South of the Border by Mbulelo Vizikhungo Mzamane is a touching poem that deals with themes of forced migration, racial segregation, and refusal of a dignified life.
Mbulelo Vizikhungo Mzamane was a South-African author whose intellectual contributions to South African literature are well praised and treasured. Most of his works were banned in apartheid South Africa owing to their provocative ideas to end the struggle against the segregation system. His activism led to his exile which gave birth to many artistic ventures such as South of the Border.
South of the Border | Summary and Analysis
South of the Border is composed in free verse. The speaker of the poem is ambiguous but an authoritative and commanding tone suggests these lines as an order from a white official in power who lays down the rules and regulations for the blacks. There is also a possibility that the speaker belongs to the sect that doesn’t support the apartheid and he/she brings to the fore certain ideas and pronouncements popularising racial slurs that the non-whites unwillingly lend their ears to. In either case, the poem is a microcosmic portrayal of a black Diaspora whose forceful migration to another part of his homeland does not put a full stop to his/her miseries. On the contrary, it turns out to be the opening page of a book that pens down a life of indignity, struggle, and constant racial discrimination.

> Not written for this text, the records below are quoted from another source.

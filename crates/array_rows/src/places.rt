//! The parts of lists: one for each item, or one a place.
ghost use Rattle.std.specs.Prelude.{◌≡◌, Some, IfOk, map, nat_lt};
ghost use Rattle.schema_defs.specs.Schema.{schemas};
ghost use Rattle.schema_defs.specs.Texts.{Relations};
ghost use Rattle.schema_types.specs.View.{array_view, items_view, schemas_view, maybe_view};
ghost use Rattle.convert_defs.specs.Row.{add_notes};
ghost use Rattle.convert_defs.specs.Owners.{each_part as each_part_of, is_by_place as is_by_place_of, listed_parts as listed_parts_of, listed_places, unlisted as unlisted_of, filled_places as filled_places_of, fixed_row as fixed_row_of, sized_finding};
ghost use Rattle.row_findings.specs.View.{note_view, part_view, row_view, finding_view};
ghost use Rattle.array_rows.specs.Parts.{rules_in, places_in, rest_in, contains_in};

use row_findings::{
    Finding, Keyword, Note, Part, PartKind, Row, Source, Steps, anything, noted, part_under,
};
use schema_types::{ArrayValidation, Items, Schema};
use std::alloc::{AllocError, Global};

/// The part of each item. It takes no memory.
pub fn each_part<'d>(lists: &'d ArrayValidation) -> Part<'d>
    ensures { part_view result ≡ each_part_of (places_in (array_view lists.now)) }
{
    match &lists.items {
        Some(items) => item_part(items),
        None => anything(),
    }
}

fn item_part<'d>(items: &'d Items) -> Part<'d>
    ensures { part_view result ≡ each_part_of (items_view items.now) }
{
    match items {
        Items::One(schema) => Part {
            kind: PartKind::Child,
            steps: Steps::Under(Keyword::Items),
            source: Source::Written(schema),
        },
        Items::Many(_) => anything(),
    }
}

/// Whether schemas are listed, one a place. It takes no memory.
pub fn is_by_place(lists: &ArrayValidation) -> bool
    ensures { result ≡ is_by_place_of (places_in (array_view lists.now)) }
{
    match &lists.items {
        Some(items) => are_places(items),
        None => false,
    }
}

fn are_places(items: &Items) -> bool
    ensures { result ≡ is_by_place_of (items_view items.now) }
{
    match items {
        Items::One(_) => false,
        Items::Many(_) => true,
    }
}

// Of so many places those that are listed.
#[tactic(auto, using(crate::proofs::Sizes::listed_none, crate::proofs::Sizes::listed_end, crate::proofs::Sizes::listed_step))]
fn listed_parts<'d>(
    alloc: Global,
    listed: &'d Vec<Schema>,
    places: u32,
) -> Result<Vec<Part<'d>>, AllocError>
    ensures { IfOk result (λ v. map part_view v.items ≡ listed_parts_of 0 places (schemas (schemas_view listed.now.items))) }
{
    let mut parts = Vec::new(alloc);
    let mut left = listed.as_slice();
    let mut place: usize = 0;
    let mut more = places;
    while let Some((schema, rest)) = left.split_first() {
        if more == 0 {
            return Ok(parts);
        }
        parts.push(Part {
            kind: PartKind::Child,
            steps: Steps::Placed(Keyword::Items, place),
            source: Source::Written(schema),
        })?;
        left = rest;
        place += 1;
        more -= 1;
    }
    Ok(parts)
}

#[tactic(auto, using(crate::proofs::Sizes::listed_counted))]
fn is_short(listed: &Vec<Schema>, places: u32) -> bool
    ensures { result ≡ nat_lt (listed_places (schemas (schemas_view listed.now.items))) places }
{
    listed.len() < places as usize
}

// How many of so many places are not listed.
#[tactic(auto, using(crate::proofs::Sizes::unlisted_less))]
fn unlisted(listed: &Vec<Schema>, places: u32) -> u32
    ensures { result ≡ unlisted_of places (schemas (schemas_view listed.now.items)) }
{
    let count = listed.len();
    if count < places as usize {
        places - count as u32
    } else {
        0
    }
}

fn filled(items: &Items, places: u32) -> u32
    ensures { result ≡ filled_places_of places (items_view items.now) }
{
    match items {
        Items::One(_) => 0,
        Items::Many(listed) => { if is_short(listed, places) { places } else { 0 } }
    }
}

// The places of a list that is shorter than its sizes, or 0.
fn filled_places(lists: &ArrayValidation, places: u32) -> u32
    ensures { result ≡ filled_places_of places (places_in (array_view lists.now)) }
{
    match &lists.items {
        Some(items) => filled(items, places),
        None => 0,
    }
}

fn fixed_items<'d>(
    alloc: Global,
    items: &'d Items,
    rest: &'d Option<Box<Schema>>,
    places: u32,
) -> Result<Row<'d>, AllocError>
    ensures { IfOk result (λ w. (r : Relations) → row_view r w ≡ fixed_row_of places (items_view items.now) (maybe_view rest.now)) }
{
    match items {
        Items::One(schema) => Ok(Row::Array(
            Part {
                kind: PartKind::Child,
                steps: Steps::Under(Keyword::Items),
                source: Source::Written(schema),
            },
            places,
        )),
        Items::Many(listed) => {
            let parts = listed_parts(alloc, listed, places)?;
            Ok(Row::Tuple {
                listed: parts,
                more: unlisted(listed, places),
                rest: part_under(Keyword::AdditionalItems, rest),
            })
        }
    }
}

fn fixed_row<'d>(
    alloc: Global,
    lists: &'d ArrayValidation,
    places: u32,
) -> Result<Row<'d>, AllocError>
    ensures { IfOk result (λ w. (r : Relations) → row_view r w ≡ fixed_row_of places (places_in (array_view lists.now)) (rest_in (array_view lists.now))) }
{
    match &lists.items {
        Some(items) => {
            let row = fixed_items(alloc, items, &lists.additional_items, places)?;
            Ok(row)
        }
        None => Ok(Row::Array(anything(), places)),
    }
}

/// Lists of one size, with the notes that are given before.
#[tactic(auto, using(row_findings::proofs::PlainRows::plain_noted))]
pub fn fixed_finding<'d>(
    alloc: Global,
    notes: Vec<Note<'d>>,
    lists: &'d ArrayValidation,
    places: u32,
) -> Result<Finding<'d>, AllocError>
    ensures { IfOk result (λ f. (r : Relations) → finding_view r f ≡ add_notes (map note_view notes.entry.items) (sized_finding (places_in (array_view lists.now)) (rest_in (array_view lists.now)) (contains_in (array_view lists.now)) (rules_in (array_view lists.now)) (Some places))) }
{
    let row = fixed_row(alloc, lists, places)?;
    let finding = noted(alloc, notes, row);
    Ok(Finding {
        row: finding.row,
        notes: finding.notes,
        patterns: finding.patterns,
        branches: finding.branches,
        places: filled_places(lists, places),
    })
}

South of the Border Analysis, Lines 1-7
South of the border, Down Bantustan way
Develop along your own lines:
Invent, first, the wheel
Before you can ride in a car.
Television is not for you
But we can make concessions-
Use the gramophone.
The poem commences on a note of traveling to the Bantustan- the territory that is set aside for the black community of South Africa as a part of the segregation law of the apartheid government. South Africa’s geographical location lies in its name i.e. south of Africa. Separating the inhabitancy further shifts the blacks to the south of South Africa which reflects their peripheral occupancy and thus marginalization. South as a direction metaphorically indicates a downward movement which in this context symbolizes the community’s degradation and loss of worth.

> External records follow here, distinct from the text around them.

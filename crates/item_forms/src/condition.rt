//! Conditions under which a field isn't written.
ghost use Rattle.std.specs.Prelude.{◌≡◌, option_map};
ghost use Rattle.syntax_trees.specs.View.{ty as ty_view, expr_path_view};
ghost use Rattle.type_spellings.specs.Types.{type_of};
ghost use Rattle.container_defs.specs.Forms.{option_is_none, vec_is_empty, set_is_empty, map_is_empty, empties, is_known_reader, is_known_condition};
ghost use Rattle.item_forms.specs.TypeForm.{empties_form};

use crate::type_form::{Form, form_of};
use item_models::{is_rooted, reads_some, reads_whole};
use syntax_trees::{ExprPath, Ty};
use token_trees::Symbol;

static OPTION: [Symbol; 4] = [
    Symbol("std"),
    Symbol("option"),
    Symbol("Option"),
    Symbol("is_none"),
];

static VEC: [Symbol; 4] = [
    Symbol("std"),
    Symbol("vec"),
    Symbol("Vec"),
    Symbol("is_empty"),
];

static SET: [Symbol; 4] = [
    Symbol("std"),
    Symbol("collections"),
    Symbol("HashSet"),
    Symbol("is_empty"),
];

static MAP: [Symbol; 4] = [
    Symbol("std"),
    Symbol("collections"),
    Symbol("HashMap"),
    Symbol("is_empty"),
];

fn option_is_none(path: &ExprPath) -> bool
    ensures { result ≡ option_is_none (expr_path_view path.now) }
{
    is_rooted(path, &OPTION)
}

fn vec_is_empty(path: &ExprPath) -> bool
    ensures { result ≡ vec_is_empty (expr_path_view path.now) }
{
    is_rooted(path, &VEC)
}

fn set_is_empty(path: &ExprPath) -> bool
    ensures { result ≡ set_is_empty (expr_path_view path.now) }
{
    is_rooted(path, &SET)
}

fn map_is_empty(path: &ExprPath) -> bool
    ensures { result ≡ map_is_empty (expr_path_view path.now) }
{
    is_rooted(path, &MAP)
}

fn empties_form(form: Form, path: &ExprPath) -> bool
    ensures { result ≡ empties_form form (expr_path_view path.now) }
{
    match form {
        Form::Optional => option_is_none(path),
        Form::List => vec_is_empty(path),
        Form::Set => set_is_empty(path),
        Form::Map => map_is_empty(path),
        Form::Text => false,
        Form::Other => false,
    }
}

/// Whether the condition is that of the type.
#[tactic(auto, using(crate::proofs::TypeForms::emptied))]
pub(crate) fn empties(ty: &Ty, path: &ExprPath) -> bool
    ensures { result ≡ empties (type_of (ty_view ty.now)) (expr_path_view path.now) }
{
    empties_form(form_of(ty), path)
}

/// Whether the function is one by which the reader reads.
pub(crate) fn is_known_reader(path: &ExprPath) -> bool
    ensures { result ≡ is_known_reader (expr_path_view path.now) }
{
    reads_some(path) || reads_whole(path)
}

/// Whether the condition is one that the reader knows.
pub(crate) fn is_known_condition(path: &ExprPath) -> bool
    ensures { result ≡ is_known_condition (expr_path_view path.now) }
{
    option_is_none(path) || vec_is_empty(path) || set_is_empty(path) || map_is_empty(path)
}
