//! The rows of arrays.
#![tactic(auto)]

mod array;
mod places;

pub use array::array_finding;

There is a clear instruction for the people to develop “along [their] own lines” to keep them in check which acts as a constant reminder of their difference from the white settlers. Like a child, a step-by-step procedure to conduct their lives reaches their ears which sounds unpleasant and humiliating. The blacks are incapable to own and ride vehicles according to the speaker. They need to prove their skills first by inventing the wheel. This reference to the invention of the wheel dates back to ancient history. Comparing the blacks to early mankind’s savage and primitive lifestyle, the poem expounds on a popular cultural belief that deems the black community as backward.

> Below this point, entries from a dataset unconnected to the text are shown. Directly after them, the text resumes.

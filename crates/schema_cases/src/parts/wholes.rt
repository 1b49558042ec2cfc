//! How whole numbers are rewritten.
use std::alloc::{AllocError, Global};
use whole_numbers::whole_numbers;

const LARGE: usize = 16_777_216;

/// The bytes of the line, rewritten.
pub(crate) fn rewritten(alloc: Global, line: &str) -> Result<String, AllocError> {
    let bytes = whole_numbers(alloc, line.as_bytes())?;
    match String::from_utf8(bytes) {
        Ok(text) => format!(in alloc; " {text}"),
        Err(_) => String::from_str(alloc, " no text"),
    }
}

/// How many bytes that many of one byte become.
pub(crate) fn large(alloc: Global, byte: u8) -> Result<String, AllocError> {
    let bytes = vec![in alloc; byte; LARGE]?;
    let rewritten = whole_numbers(alloc, &bytes)?;
    let count = rewritten.len();
    format!(in alloc; " {LARGE} become {count}")
}
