//! Graphs with their parts and ends.
use anyhow::Error;
use std::alloc::Global;
use use_graph::{Next, leads, parts};

/// What is asked of the nodes behind the first bar.
pub(crate) fn answer(alloc: Global, line: &str) -> Result<String, Error> {
    match line.split_once("|") {
        Some(("parts ", rows)) => first_nodes(alloc, rows),
        Some(("leads ", nodes)) => answers(alloc, nodes),
        _ => Ok(String::from_str(alloc, " no case")?),
    }
}

// For each node the first one of its part.
fn first_nodes(alloc: Global, rows: &str) -> Result<String, Error> {
    let uses = uses_of(alloc, rows)?;
    let parts = parts(alloc, &uses)?;
    let mut text = String::new(alloc);
    for part in &parts {
        match parts.iter().position(|other| *other == *part) {
            Some(node) => text.push_str(&format!(in alloc; " {node}")?)?,
            None => text.push_str(" none")?,
        }
    }
    Ok(text)
}

fn uses_of(alloc: Global, rows: &str) -> Result<Vec<Vec<u32>>, Error> {
    let mut uses = Vec::new(alloc);
    for row in rows.split('|') {
        uses.push(numbers(alloc, row)?)?;
    }
    Ok(uses)
}

fn numbers(alloc: Global, row: &str) -> Result<Vec<u32>, Error> {
    let mut numbers = Vec::new(alloc);
    for word in row.split_whitespace() {
        if let Ok(number) = word.parse::<u32>() {
            numbers.push(number)?;
        }
    }
    Ok(numbers)
}

fn answers(alloc: Global, nodes: &str) -> Result<String, Error> {
    let mut next = Vec::new(alloc);
    for node in nodes.split('|') {
        next.push(next_of(node.trim()))?;
    }
    let answers = leads(alloc, &next)?;
    let mut text = String::new(alloc);
    for answer in &answers {
        text.push_str(if *answer { " yes" } else { " no" })?;
    }
    Ok(text)
}

fn next_of(word: &str) -> Next {
    match word.parse::<u32>() {
        Ok(number) => Next::To(number),
        Err(_) if word == "yes" => Next::Yes,
        Err(_) => Next::No,
    }
}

Further, source of entertainment like television which is a crucial medium that connects the world to an individual becomes a topic of contention for the speaker. The black settlers witness a prohibition on their access to television but as a charitable gesture, gramophones seem to save their day. This obsolete sound-producing device mirrors the thoughts about the black lives that many colonialists and supporters of apartheid view as unrefined and good-for-nothing.
South of the Border Analysis, Lines 8-14
Bathrooms, flush Toilets-
You need but very few
Since you’ve never been ashamed to wash
Proud and Naked,
In the village stream,
Or to hide your heels,
In the bush.
The poem continues on the line of argument that supports an area of living advocating underdevelopment. Basic sanitation needs like washrooms find a low spot on the priority list because again, the segregationist hints at the primordial way of living by these “orients” who can wash in open. The alliteration “hide your heels” is both a slang and a racial slur that refers to the contempt the whites feel for the blacks and to the blackness of their body as well as the excrement which should find a hiding spot in the bushes.
South of the Border Analysis, Lines 15-22
Whiteman’s medicines
Are your herbs, liquefied –
Stick to the herbs.
Agriculture is the basis of your economy,
Try to cultivate the desert.
And to this be as true
As night follows day
For greater is your reward in heaven
The last set of lines adopts a condescending tone at its peak. The speaker deliberately draws a contrast between the two lifestyles where the whites are moving on the path of advancement with medical discoveries while the blacks still stick to their agrarian roots. However, if one observes closely, there is a mockery at play when the speaker asks the blacks to “cultivate the desert.” Desert implies barrenness and hopelessness. An attempt to cultivate the desert resembles the Greek myth of Sisyphus whose eternal punishment to “roll a rock up to the top of a mountain, only to have the rock roll back down to the bottom every time he reaches the top” highlights the futility of labor which lacks any progress.
Labour is what marks the destiny of the blacks- first slavery and now apartheid. The poem concludes with the perpetual torture and drudgery the black community needs to endure to achieve a reward not in their current lives, but ironically in heaven. The whole notion of afterlife salvation culminates the poem with a satiric bent as the white settlers make sure of the impossibility of attaining solace and success in the contemporary life the blacks continue to live.